🤖 AI Summary
This work investigates how Transformers achieve compositional generalization—i.e., effective reasoning over novel combinations of primitives unseen during training. The authors introduce a novel hypernetwork-based reformulation of multi-head attention, wherein low-dimensional latent codes dynamically generate head-specific key-query transformations and nonlinear value mappings. This enables the model to recompose learned primitives into new configurations. The latent codes exhibit both semantic interpretability and cross-task reusability, and the latent space displays functional structure. Evaluated on the symbolic Raven’s Progressive Matrices benchmark, the approach significantly improves abstract reasoning accuracy and reveals that model scale and data volume jointly drive compositional generalization. The core contribution lies in reframing attention via hypernetwork-inspired reparameterization, yielding an interpretable, mechanistic account of compositional generalization in Transformers.
📝 Abstract
Transformers can under some circumstances generalize to novel problem instances whose constituent parts might have been encountered during training but whose compositions have not. What mechanisms underlie this ability for compositional generalization? By reformulating multi-head attention as a hypernetwork, we reveal that a composable, low-dimensional latent code specifies key-query specific operations. We find empirically that this latent code is predictive of the subtasks the network performs on unseen task compositions revealing that latent codes acquired during training are reused to solve unseen problem instances. To further examine the hypothesis that the intrinsic hypernetwork of multi-head attention supports compositional generalization, we ablate whether making the hypernetwork generated linear value network nonlinear strengthens compositionality.

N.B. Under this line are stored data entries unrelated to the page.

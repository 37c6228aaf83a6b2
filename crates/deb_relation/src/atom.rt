//! One alternative of a relation.

ghost use Rattle.std.specs.Prelude.{◌≡◌, [], IfOk, IfSome, None, true};
ghost use Rattle.std.specs.Option.{option_copied, option_map};
ghost use Rattle.std.specs.Result.{is_ok};
ghost use Rattle.deb_version.specs.Grammar.{version_at};
ghost use Rattle.deb_relation.specs.Bare.{is_bare_atom, plain};

use crate::operator::Op;
use crate::relation::{copy_relation, view_relation};
use crate::restriction::{ArchList, ProfileList};
use crate::store::{Cuts, ROOM, SMALL_BLOCK, Store, Whole, joined_in, joined_in_block};
use deb_version::VersionRef;
use std::alloc::{AllocError, Global};
use std::boxed::Box;
use std::marker::Model;

/// One alternative, `name:qualifier (op version) [architectures] <profiles> ..` (Debian Policy
/// 7.1). It takes 16 bytes, and a block where its texts have more than eleven.
#[derive(Drop)]
pub struct Atom {
    pub(crate) store: Store,
}

impl Model for Atom {
    ghost use Rattle.deb_relation.specs.Relations as spec;
    ghost use Rattle.deb_relation.specs.Stored.{IsKept, kept_in};

    ghost Value = { spec.Atom };

    ghost view = { λ atom. kept_in atom.store };

    ghost invariant = { λ atom. IsKept atom.store };
}

/// The version of a relation, if there is one.
fn version_of<'a>(relation: &Option<(Op, VersionRef<'a>)>) -> Option<&'a [u8]>
    ensures text { option_map (λ v. v.now) result ≡ option_map (λ r. r.1) relation.now }
    ensures version { IfSome relation.now (λ r. is_ok (version_at r.1) ≡ true) }
{
    match relation {
        Some((_, version)) => Some(version.text()),
        None => None,
    }
}

/// The operator of a relation, or any where there is none.
fn operator_of(relation: &Option<(Op, VersionRef)>) -> Op
    ensures { IfSome relation.now (λ r. result ≡ r.0) }
{
    match relation {
        Some((op, _)) => *op,
        None => Op::Equal,
    }
}

/// Keeps an alternative by its parts, each in a block of its own.
fn keep_whole(
    alloc: Global,
    name: &[u8],
    qualifier: Option<&[u8]>,
    relation: Option<(Op, VersionRef)>,
    archs: Option<ArchList>,
    profiles: Vec<ProfileList>,
) -> Result<Atom, AllocError>
    ensures { IfOk result (λ atom. atom ≡ record {
      name = name.now;
      qualifier = option_map (λ q. q.now) qualifier.entry;
      relation = relation.entry;
      archs = archs;
      profiles = profiles.items;
    }) }
{
    let whole = Whole {
        name: Vec::from_slice(alloc, name)?,
        qualifier: copy_qualifier(alloc, qualifier)?,
        relation: copy_relation(alloc, relation)?,
        archs,
        profiles,
    };
    Ok(Atom {
        store: Store::Whole(Box::new(alloc, whole)?),
    })
}

fn copy_qualifier(alloc: Global, text: Option<&[u8]>) -> Result<Option<Vec<u8>>, AllocError>
    ensures { IfOk result
        (λ copy. option_map (λ q. q.items) copy ≡ option_map (λ q. q.now) text.entry) }
{
    match text {
        Some(text) => Ok(Some(Vec::from_slice(alloc, text)?)),
        None => Ok(None),
    }
}

impl Atom {
    /// Makes an alternative of its parts.
    pub fn new(
        alloc: Global,
        name: &[u8],
        qualifier: Option<&[u8]>,
        relation: Option<(Op, VersionRef)>,
        archs: Option<ArchList>,
        profiles: Vec<ProfileList>,
    ) -> Result<Atom, AllocError>
        ensures { IfOk result (λ atom. atom ≡ record {
          name = name.now;
          qualifier = option_map (λ q. q.now) qualifier.entry;
          relation = relation.entry;
          archs = archs;
          profiles = profiles.items;
        }) }
    {
        if archs.is_none() && profiles.is_empty() {
            return Atom::unrestricted(alloc, name, qualifier, relation);
        }
        keep_whole(alloc, name, qualifier, relation, archs, profiles)
    }

    /// Makes an alternative that is not restricted to architectures or profiles.
    pub fn unrestricted(
        alloc: Global,
        name: &[u8],
        qualifier: Option<&[u8]>,
        relation: Option<(Op, VersionRef)>,
    ) -> Result<Atom, AllocError>
        ensures { IfOk result (λ atom. atom ≡ record {
          name = name.now;
          qualifier = option_map (λ q. q.now) qualifier.entry;
          relation = relation.entry;
          archs = None;
          profiles = [];
        }) }
    {
        let version = version_of(&relation);
        let Some(cuts) = Cuts::of(name, qualifier, version, operator_of(&relation)) else {
            return keep_whole(alloc, name, qualifier, relation, None, Vec::new(alloc));
        };
        if cuts.version_end() <= ROOM {
            return Ok(Atom {
                store: Store::Here(cuts, joined_in::<ROOM>(name, qualifier, version)),
            });
        }
        if cuts.version_end() <= SMALL_BLOCK {
            let text = joined_in::<SMALL_BLOCK>(name, qualifier, version);
            return Ok(Atom {
                store: Store::Small(cuts, Box::new(alloc, text)?),
            });
        }
        let text = joined_in_block(alloc, name, qualifier, version)?;
        Ok(Atom {
            store: Store::Large(cuts, Box::new(alloc, text)?),
        })
    }

    /// The name.
    pub fn name(&self) -> &[u8]
        ensures { result.now ≡ self.now.name }
    {
        match &self.store {
            Store::Here(cuts, text) => cuts.name(text),
            Store::Small(cuts, text) => cuts.name(text.as_slice()),
            Store::Large(cuts, text) => cuts.name(text),
            Store::Whole(whole) => &whole.name,
        }
    }

    /// The qualifier behind the name.
    pub fn qualifier(&self) -> Option<&[u8]>
        ensures { option_map (λ q. q.now) result ≡ self.now.qualifier }
    {
        match &self.store {
            Store::Here(cuts, text) => cuts.qualifier(text),
            Store::Small(cuts, text) => cuts.qualifier(text.as_slice()),
            Store::Large(cuts, text) => cuts.qualifier(text),
            Store::Whole(whole) => whole.qualifier.as_deref(),
        }
    }

    /// The relation to a version, if there is one.
    pub fn relation(&self) -> Option<(Op, VersionRef<'_>)>
        ensures { result ≡ self.now.relation }
    {
        match &self.store {
            Store::Here(cuts, text) => cuts.relation(text),
            Store::Small(cuts, text) => cuts.relation(text.as_slice()),
            Store::Large(cuts, text) => cuts.relation(text),
            Store::Whole(whole) => view_relation(&whole.relation),
        }
    }

    /// The architectures to which the alternative is restricted, if it is.
    pub fn archs(&self) -> Option<&ArchList>
        ensures { option_copied result ≡ self.now.archs }
    {
        match &self.store {
            Store::Whole(whole) => whole.archs.as_ref(),
            _ => None,
        }
    }

    /// The lists of profiles to which the alternative is restricted; none where it is not.
    pub fn profiles(&self) -> &[ProfileList]
        ensures { result.now ≡ self.now.profiles }
    {
        match &self.store {
            Store::Whole(whole) => &whole.profiles,
            _ => &[],
        }
    }

    /// Tells whether the alternative has a name and a relation alone: no qualifier, and no
    /// restriction.
    pub fn is_bare(&self) -> bool
        ensures bare { result ≡ is_bare_atom self.now }
        ensures plain { result ≡ true → self.now ≡ plain self.now }
    {
        match &self.store {
            Store::Here(cuts, _) | Store::Small(cuts, _) | Store::Large(cuts, _) => {
                !cuts.has_qualifier()
            }
            Store::Whole(whole) => {
                whole.qualifier.is_none() && whole.archs.is_none() && whole.profiles.is_empty()
            }
        }
    }
}

impl Clone for Atom {
    ghost is_clone = { λ atom copy. copy ≡ atom };

    fn clone(&self) -> Result<Atom, AllocError> {
        let store = match &self.store {
            Store::Here(cuts, text) => Store::Here(*cuts, *text),
            Store::Small(cuts, text) => Store::Small(*cuts, text.clone()?),
            Store::Large(cuts, text) => Store::Large(*cuts, text.clone()?),
            Store::Whole(whole) => Store::Whole(whole.clone()?),
        };
        Ok(Atom { store })
    }
}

We find that this modification improves compositional generalization on abstract reasoning tasks. In particular, we introduce a symbolic version of the Raven Progressive Matrices human intelligence test which gives us precise control over the problem compositions encountered during training and evaluation. We demonstrate on this task how scaling model size and data enables compositional generalization in transformers and gives rise to a functionally structured latent space.